Wasting Disease Clears Way for Young Sea Stars, for Now
Whether or not the devastated populations are on the road to recovery remains uncertain
/https://tf-cmsv2-smithsonianmag-media.s3.amazonaws.com/filer/6d/a0/6da0cdbf-1f52-4b4d-948e-9841374be748/2720389774_62508d8294_b.jpg)
In 2013, a viral disease that turns sea stars to goo struck with unprecedented ferocity along the Pacific coast of Oregon and California. The wasting disease first twists the arms of sea stars, then withers them and eventually causes the animals to disintegrate completely. The epidemic killed millions, so it came as a surprise when scientists recently counted an unprecedented number of juveniles off the Pacific coast.
A team of researchers from Oregon State University led by marine biologist Bruce Menge has been tracking purple sea stars (Pisaster ochraceus) for years. During the height of the epidemic in 2014, the number of larval sea stars on rocks was similar to or a bit lower than that of previous years. “But a few months later, the number of juveniles was off the charts—higher than we’d ever seen—as much as 300 times normal," he says in a statement from the university. “It wasn’t a case of high settlement, or more sea stars being born. They just had an extraordinary survival rate into the juvenile stage. Whether they can make it into adulthood and replenish the population without succumbing to sea star wasting disease is the big question."

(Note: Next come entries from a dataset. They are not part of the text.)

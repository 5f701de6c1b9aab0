//! Texts of commands: their limits, and notices about them.
use crate::item::{Item, push_line};
use crate::refusing::stop_at_number;
use gft_core::{NoMemory, Token};
use gft_rules::{Rule, Stop};
use std::alloc::Global;

/// The most words of a text.
const MOST_WORDS: usize = 512;

/// The most bytes of a word.
const MOST_BYTES: usize = 1_024;

/// Refuses a text that has too many words, then one with a word that is too long.
pub fn check_text(alloc: Global, words: &Vec<Token>) -> Result<(), Stop> {
    if words.len() > MOST_WORDS {
        return Err(stop_at_number(alloc, Rule::TooManyWords, words.len()));
    }
    let mut number = 0usize;
    'words: for word in words {
        number = number.saturating_add(1);
        if word.as_str().len() > MOST_BYTES {
            return Err(stop_at_number(alloc, Rule::TokenTooLong, number));
        }
    }
    Ok(())
}

/// Adds a word in quotes, with a backslash before a quote and a backslash.
fn push_quoted(out: &mut String, word: &str) -> Result<(), NoMemory> {
    out.push('"')?;
    'characters: for c in word.chars() {
        if c == '"' || c == '\\' {
            out.push('\\')?;
        }
        out.push(c)?;
    }
    out.push('"')?;
    Ok(())
}

/// Adds the line of a word in quotes.
pub fn push_word(alloc: Global, items: &mut Vec<Item>, word: &str) -> Result<(), NoMemory> {
    let mut line = String::new(alloc);
    push_quoted(&mut line, word)?;
    push_line(alloc, items, line.as_str())
}

/// Adds the notice that no sentence goes on after the word of that number, from 1.
pub fn push_failure(
    alloc: Global,
    items: &mut Vec<Item>,
    words: &[Token],
    number: u32,
) -> Result<(), NoMemory> {
    let mut line = String::from_str(alloc, "failed at word ")?;
    write!(line, "{}: ", number)?;
    if let Some(word) = words.get((number as usize).saturating_sub(1)) {
        push_quoted(&mut line, word.as_str())?;
    }
    push_line(alloc, items, line.as_str())
}
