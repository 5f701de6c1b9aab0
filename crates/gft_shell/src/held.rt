//! The grammar that a session holds, with the tables of its languages.
use gft_coerce::coerce;
use gft_core::{NoMemory, Shared};
use gft_lin::Index;
use gft_lister::Tables;
use gft_pmcfg::{Cat, Coerced, Grammar};
use std::alloc::Global;

/// What the commands of a language work over, made once: its shared productions with their index,
/// and the tables of parsing.
#[derive(Drop)]
pub struct Language {
    pub coerced: Coerced,
    pub index: Index,
    pub tables: Tables,
}

/// A grammar, whether none of its categories takes indices, and for each of its languages, by its
/// number, what commands work over.
#[derive(Drop)]
pub struct Held {
    pub grammar: Grammar,
    pub is_plain: bool,
    pub languages: Vec<Shared<Language>>,
}

/// Whether no category takes indices.
fn is_plain(cats: &[Cat]) -> bool {
    'categories: for cat in cats {
        if !cat.context.is_empty() {
            return false;
        }
    }
    true
}

/// A grammar with what is made of its languages.
pub fn held_of(grammar: Grammar, languages: Vec<Shared<Language>>) -> Held {
    let is_plain = is_plain(grammar.abs.cats.as_slice());
    Held {
        grammar,
        is_plain,
        languages,
    }
}

impl Held {
    /// What the commands of a language work over.
    pub fn language(&self, lang: u32) -> Option<&Language> {
        match self.languages.get(lang as usize) {
            Some(language) => Some(language.get()),
            None => None,
        }
    }
}

/// Puts a value in the place of another, which is let go of.
pub fn replace<T: Drop>(place: &mut T, value: T) {
    *place = value;
}

/// Adds what is made of a language of the grammar. Linear in it but for sorting.
pub fn add_language(
    alloc: Global,
    grammar: &Grammar,
    lang: u32,
    languages: &mut Vec<Shared<Language>>,
) -> Result<(), NoMemory> {
    let Some(concrete) = grammar.concretes.get(lang as usize) else {
        return Ok(()); // excluded by the caller: the language is one of the grammar
    };
    let Some(tables) = Tables::new(alloc, grammar, lang)? else {
        return Ok(()); // excluded likewise
    };
    let coerced = coerce(alloc, concrete)?;
    let index = Index::new(alloc, &grammar.abs, &coerced)?;
    let language = Language {
        coerced,
        index,
        tables,
    };
    languages.push(Shared::new(alloc, language)?)?;
    Ok(())
}

/// A grammar that is held by itself.
pub fn held_alone(alloc: Global, grammar: Grammar) -> Result<Held, NoMemory> {
    let mut languages = Vec::new(alloc);
    let mut lang = 0u32;
    'languages: for _ in 0..grammar.concretes.len() {
        add_language(alloc, &grammar, lang, &mut languages)?;
        lang = lang.saturating_add(1);
    }
    Ok(held_of(grammar, languages))
}
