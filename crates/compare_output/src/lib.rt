// Lends what goes out to Rust and C: each exported function writes into a lent slice.
#![tactic(auto)]

ghost use Rattle.std.specs.Prelude.{◌≡◌, ◌≤◌, length};
ghost use Rattle.compare_output.specs.Said.{aa_said, tx_said, last_stamp, with_aa, with_tx, stamped};

use acknowledgment::{Acknowledged, Stamp};
use sequence::{Inbound, Outbound};

// What an AA is told: subscriber, connection, internal ID, time bytes and original sequence.
const AA_SAID: usize = 36;

const CONNECTION_AT: usize = 4;

const INTERNAL_AT: usize = 8;

const TIME_AT: usize = 24;

const ORIGINAL_AT: usize = 30;

// What a TX is told: subscriber and connection.
const TX_SAID: usize = 8;

// The stamp of the last frame: its number, and the subscriber and connection that are said.
fn stamp_of(last: u32, said: &[u8]) -> Stamp
    requires { tx_said ≤ length said.now }
    ensures { result ≡ last_stamp last said.now }
{
    Stamp {
        number: Outbound(last),
        subscriber: layout::bytes_at(said, 0),
        connection: layout::bytes_at(said, CONNECTION_AT),
    }
}

// Writes an AA from at and gives the number that it is stamped with.
#[tactic(auto, unfolding(crate::specs::Said::with_aa, crate::specs::Said::stamped))]
#[unsafe(no_mangle)]
pub extern "C" fn rhoikandra_put_aa(
    out: &mut [u8],
    at: usize,
    last: u32,
    said: &[u8],
    message: u64,
    code: u64,
) -> u32
    ensures { (out.new ≡ with_aa out.old at last said.now message code) × (result ≡ stamped aa_said said.now last) }
{
    if said.len() != AA_SAID {
        return last;
    }
    let a = Acknowledged {
        internal: layout::bytes_at(said, INTERNAL_AT),
        message,
        code,
        time: layout::bytes_at(said, TIME_AT),
        original: layout::bytes_at(said, ORIGINAL_AT),
    };
    let stamp = acknowledgment::put_aa(out, at, stamp_of(last, said), a);
    stamp.number.0
}

// Writes a TX from at and gives the number that it is stamped with.
#[tactic(auto, unfolding(crate::specs::Said::with_tx, crate::specs::Said::stamped))]
#[unsafe(no_mangle)]
pub extern "C" fn rhoikandra_put_tx(
    out: &mut [u8],
    at: usize,
    last: u32,
    said: &[u8],
    expected: u32,
    received: u32,
) -> u32
    ensures { (out.new ≡ with_tx out.old at last said.now expected received) × (result ≡ stamped tx_said said.now last) }
{
    if said.len() != TX_SAID {
        return last;
    }
    let stamp = acknowledgment::put_tx(
        out,
        at,
        stamp_of(last, said),
        Inbound(expected),
        Inbound(received),
    );
    stamp.number.0
}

The sea star wasting epidemic is one of the most extensive disease events ever recorded in a marine species, the researchers report in the journal PLOS One. Sea stars are important predators in these marine ecosystems, keeping other animals in check. Their loss could potentially upset local food webs. The disease even affects sea stars' cousins, sea urchins.
More available food, thanks to the death of adult sea stars, might be the biggest factor behind the recent boom, Menge and his colleagues write. The adult population had been decimated by as much as 84 percent, paving the way for this new generation.
"It's remarkable," ecologist and evolutionary biologist Pete Raimondi at the University of California, Santa Cruz, tells Nsikan Akpan at PBS Newshour. "It's hard to even appreciate that this massive replenishment event is happening so quickly after the loss of adults."
Sea star females can release millions of eggs a year, and the larvae float in ocean currents for 45 to 60 days before settling down, Akpan reports. That reproductive strategy means that sea stars are capable of a quick rebound even in areas where it seems they've been wiped out. Sea star recovery, then isn't a question of "will or won't happen," but when and how long it will take to happen. A slow recovery would mean greater upset to the food web balance.
Researchers still don't know why the virus exploded into such a big epidemic in the first place. Previously, some thought that warming waters might have made the echinoderms more susceptible to the disease, but Menge and others have noted that the virus spreads during colder periods of the year, reports Will Houston for the Eureka Times-Standard. If there is a climate or environmental cue influencing the disease outbreak, it isn't obvious.
That uncertainty makes the researchers cautious about claiming that the population boom is a true recovery. Just because numbers look good now, doesn't mean that this new crop of young sea stars won't succumb to the disease when they get older. For now, Menge and other researchers will continue to watch and wait to see if sea stars are out of danger.